Effect of Vanadate on Anthocyanin Profiles. HPLC chromatograms of anthocyanins (520 nm) of 3-day-old wild-type (Col) or 5gt seedlings grown in the presence (+Nar) of 100 μM naringenin, with or without the addition of 1 mM vanadate (+/–Van).

Figure 7.

Autophagic Mutants and Anthocyanin Accumulation. (A) Spectrophotometric measurement (520 nm) of anthocyanin content of atg5, atg9, atg10, and wild-type (Col) seedlings 4 and 5 d after germination (DAG) grown in AIC. Anthocyanin accumulation levels correspond to arbitrary units obtained by dividing the absorbance at 520 nm by the mass of the starting plant material and the volume fraction used in the measurements. (B) Microscopic pictures of atg5, atg9, atg10, and wild-type (Col) seedlings 4 and 5 days after germination (DAG) grown in AIC.

Figure 8.

Autophagic Mutants and Anthocyanin Profiles.
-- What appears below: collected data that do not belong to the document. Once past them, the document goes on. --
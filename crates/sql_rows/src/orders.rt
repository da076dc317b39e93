//! The orders of purchasing: a head, and one to eight lines.

ghost use Rattle.std.specs.Prelude.{◌≡◌, ◌≤◌, false, OnOk, IfOk, IsTrue, None, filter, [], ◌∷◌};
ghost use Rattle.sqlite.specs.Held.{state};
ghost use Rattle.sqlite.specs.State.{HasCleanDisk, Survives, KeepsCommit};
ghost use Rattle.sqlite.specs.declared.types.Value.TheVariants.{Int, Text};
ghost use Rattle.sqlite_trees.specs.Tree.{Trees};
ghost use Rattle.sqlite_trees.specs.View.{doubt};
ghost use Rattle.sqlite_value.specs.Order.{column};
ghost use Rattle.sql_rows.specs.Schema.{purchasing};
ghost use Rattle.sql_rows.specs.Tables.{has_key, IsRising, IsCut, Puts, Adds, Edits, Stays, AreInOrder, text_key};
ghost use Rattle.sql_rows.specs.Tables.{by_text, by_pair};

use crate::statements::{int, read, text, write};
use sqlite::{Alter, Connection, Error, Row, Transaction};

/// Sets the head of an order.
pub fn put_order_head<S: Alter>(
    tx: &mut Transaction<'_, S>,
    key: &str,
    account: &str,
    amount: i64,
    status: &str,
    account_phase: &str,
) -> Result<usize, Error>
    requires schema { HasCleanDisk (state S.Store tx.old.conn.now)
        → (state S.Store tx.old.conn.now).now.schema ≡ purchasing }
    requires rising { HasCleanDisk (state S.Store tx.old.conn.now)
        → IsRising ((state S.Store tx.old.conn.now).now.trees 9) }
    requires inside { HasCleanDisk (state S.Store tx.old.conn.now)
        → IsTrue (state S.Store tx.old.conn.now).in_transaction }
    ensures same_reference { tx.new.conn.ghost_name ≡ tx.old.conn.ghost_name }
    ensures ok { HasCleanDisk (state S.Store tx.new.conn.now) → OnOk result (Edits 9
        (Puts (text_key key.now)
        (Text key.now ∷ Text account.now ∷ Int amount ∷ Text status.now ∷ Text account_phase.now ∷ []))
        (state S.Store tx.old.conn.now) (state S.Store tx.new.conn.now)) }
    ensures kept { HasCleanDisk (state S.Store tx.new.conn.now)
        → KeepsCommit (state S.Store tx.old.conn.now) (state S.Store tx.new.conn.now) }
    ensures survives { Survives (state S.Store tx.old.conn.now) (state S.Store tx.new.conn.now) (λ _. ⊥) }
{
    // Before the lines of the order, which refer to this row.
    write(
        tx,
        "INSERT OR REPLACE INTO order_heads (key, account, amount, status, account_phase) \
         VALUES (?1, ?2, ?3, ?4, ?5)",
        &[
            text(key),
            text(account),
            int(amount),
            text(status),
            text(account_phase),
        ],
    )
}

/// Takes the head of an order away; refused, while it has lines.
pub fn take_order_head<S: Alter>(tx: &mut Transaction<'_, S>, key: &str) -> Result<usize, Error>
    requires schema { HasCleanDisk (state S.Store tx.old.conn.now)
        → (state S.Store tx.old.conn.now).now.schema ≡ purchasing }
    requires rising { HasCleanDisk (state S.Store tx.old.conn.now)
        → IsRising ((state S.Store tx.old.conn.now).now.trees 9) }
    requires inside { HasCleanDisk (state S.Store tx.old.conn.now)
        → IsTrue (state S.Store tx.old.conn.now).in_transaction }
    ensures same_reference { tx.new.conn.ghost_name ≡ tx.old.conn.ghost_name }
    ensures ok { HasCleanDisk (state S.Store tx.new.conn.now) → OnOk result (Edits 9
        (IsCut (has_key (text_key key.now)))
        (state S.Store tx.old.conn.now) (state S.Store tx.new.conn.now)) }
    ensures kept { HasCleanDisk (state S.Store tx.new.conn.now)
        → KeepsCommit (state S.Store tx.old.conn.now) (state S.Store tx.new.conn.now) }
    ensures survives { Survives (state S.Store tx.old.conn.now) (state S.Store tx.new.conn.now) (λ _. ⊥) }
{
    write(tx, "DELETE FROM order_heads WHERE key = ?1", &[text(key)])
}

/// Adds a line of an order; refused, where the order has that line or that stock.
pub fn add_order_line<S: Alter>(
    tx: &mut Transaction<'_, S>,
    order: &str,
    line: i64,
    stock: &str,
    n: i64,
    phase: &str,
) -> Result<usize, Error>
    requires schema { HasCleanDisk (state S.Store tx.old.conn.now)
        → (state S.Store tx.old.conn.now).now.schema ≡ purchasing }
    requires rising { HasCleanDisk (state S.Store tx.old.conn.now)
        → IsRising ((state S.Store tx.old.conn.now).now.trees 11) }
    requires inside { HasCleanDisk (state S.Store tx.old.conn.now)
        → IsTrue (state S.Store tx.old.conn.now).in_transaction }
    ensures same_reference { tx.new.conn.ghost_name ≡ tx.old.conn.ghost_name }
    ensures ok { HasCleanDisk (state S.Store tx.new.conn.now) → OnOk result (Edits 11
        (Adds (Text order.now ∷ Int line ∷ Text stock.now ∷ Int n ∷ Text phase.now ∷ []))
        (state S.Store tx.old.conn.now) (state S.Store tx.new.conn.now)) }
    ensures kept { HasCleanDisk (state S.Store tx.new.conn.now)
        → KeepsCommit (state S.Store tx.old.conn.now) (state S.Store tx.new.conn.now) }
    ensures survives { Survives (state S.Store tx.old.conn.now) (state S.Store tx.new.conn.now) (λ _. ⊥) }
{
    // A row's `line` is its place in the order: lines are read back as they were placed, and not sorted by stock.
    write(
        tx,
        "INSERT INTO order_lines (order_key, line, stock, n, phase) VALUES (?1, ?2, ?3, ?4, ?5)",
        &[text(order), int(line), text(stock), int(n), text(phase)],
    )
}

/// Takes the lines of an order away.
pub fn take_order_lines<S: Alter>(tx: &mut Transaction<'_, S>, order: &str) -> Result<usize, Error>
    requires schema { HasCleanDisk (state S.Store tx.old.conn.now)
        → (state S.Store tx.old.conn.now).now.schema ≡ purchasing }
    requires rising { HasCleanDisk (state S.Store tx.old.conn.now)
        → IsRising ((state S.Store tx.old.conn.now).now.trees 11) }
    requires inside { HasCleanDisk (state S.Store tx.old.conn.now)
        → IsTrue (state S.Store tx.old.conn.now).in_transaction }
    ensures same_reference { tx.new.conn.ghost_name ≡ tx.old.conn.ghost_name }
    ensures ok { HasCleanDisk (state S.Store tx.new.conn.now) → OnOk result (Edits 11
        (IsCut (has_key (text_key order.now)))
        (state S.Store tx.old.conn.now) (state S.Store tx.new.conn.now)) }
    ensures kept { HasCleanDisk (state S.Store tx.new.conn.now)
        → KeepsCommit (state S.Store tx.old.conn.now) (state S.Store tx.new.conn.now) }
    ensures survives { Survives (state S.Store tx.old.conn.now) (state S.Store tx.new.conn.now) (λ _. ⊥) }
{
    // All of them: an order has at most eight lines and is always written whole.
    write(
        tx,
        "DELETE FROM order_lines WHERE order_key = ?1",
        &[text(order)],
    )
}

/// The head of an order; no row, where there is none.
pub fn read_order_head<S: Alter>(conn: &mut Connection<S>, key: &str) -> Result<Vec<Row>, Error>
    requires schema { HasCleanDisk (state S.Store conn.old) → (state S.Store conn.old).now.schema ≡ purchasing }
    requires settled { HasCleanDisk (state S.Store conn.old)
        → (state S.Store conn.old).now ≡ (state S.Store conn.old).committed }
    requires autocommit { conn.old.in_transaction ≡ false }
    ensures rows { HasCleanDisk (state S.Store conn.new) → IfOk result (λ rows.
        AreInOrder by_text None (λ x. column x 2 ∷ column x 3 ∷ column x 4 ∷ column x 5 ∷ [])
        (filter (has_key (text_key key.now)) ((state S.Store conn.old).now.trees 9)) rows.items) }
    ensures autocommit { conn.new.in_transaction ≡ false }
    ensures open { HasCleanDisk (state S.Store conn.new) → OnOk result (IsTrue (state S.Store conn.new).is_open) }
    ensures stays { HasCleanDisk (state S.Store conn.new) → Stays (state S.Store conn.old) (state S.Store conn.new) }
    ensures clean { doubt (state S.Store conn.old).is_clean ≤ doubt (state S.Store conn.new).is_clean }
    ensures crash { HasCleanDisk (state S.Store conn.new) → (db : Trees)
        → (state S.Store conn.new).may_leave db → (state S.Store conn.old).may_leave db }
{
    read(
        conn,
        "SELECT account, amount, status, account_phase FROM order_heads WHERE key = ?1 \
         ORDER BY key",
        &[text(key)],
    )
}

/// The lines of an order.
pub fn read_order_lines<S: Alter>(conn: &mut Connection<S>, order: &str) -> Result<Vec<Row>, Error>
    requires schema { HasCleanDisk (state S.Store conn.old) → (state S.Store conn.old).now.schema ≡ purchasing }
    requires settled { HasCleanDisk (state S.Store conn.old)
        → (state S.Store conn.old).now ≡ (state S.Store conn.old).committed }
    requires autocommit { conn.old.in_transaction ≡ false }
    ensures rows { HasCleanDisk (state S.Store conn.new) → IfOk result (λ rows.
        AreInOrder by_pair None (λ x. column x 2 ∷ column x 3 ∷ column x 4 ∷ column x 5 ∷ [])
        (filter (has_key (text_key order.now)) ((state S.Store conn.old).now.trees 11)) rows.items) }
    ensures autocommit { conn.new.in_transaction ≡ false }
    ensures open { HasCleanDisk (state S.Store conn.new) → OnOk result (IsTrue (state S.Store conn.new).is_open) }
    ensures stays { HasCleanDisk (state S.Store conn.new) → Stays (state S.Store conn.old) (state S.Store conn.new) }
    ensures clean { doubt (state S.Store conn.old).is_clean ≤ doubt (state S.Store conn.new).is_clean }
    ensures crash { HasCleanDisk (state S.Store conn.new) → (db : Trees)
        → (state S.Store conn.new).may_leave db → (state S.Store conn.old).may_leave db }
{
    read(
        conn,
        "SELECT line, stock, n, phase FROM order_lines WHERE order_key = ?1 \
         ORDER BY order_key, line",
        &[text(order)],
    )
}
HPLC chromatograms of anthocyanins (520 nm) of atg5, atg9, atg10, and wild-type (Col) seedlings 5 DAG grown in AIC in the absence (left panel) or presence of 1 mM vanadate (Van).

Figure 9.

AVI and NRSB Formation in Autophagic Mutants. (A) Number of AVIs and (B) number of neutral red staining sub-vacuolar structures (NRSBs) present in agt mutants and wild-type (Col) seedlings 4 or 5 DAG treated with 100 μM naringenin (+Nar), treated or left untreated with 1 mM vanadate (Van). Seedlings were observed 24 h after the addition of naringenin and/or vanadate. Asterisks indicate a significant difference compared to the wild-type values (one asterisk: P < 0.1; two-sided t-test and two asterisks: P < 0.05; two-sided t-test).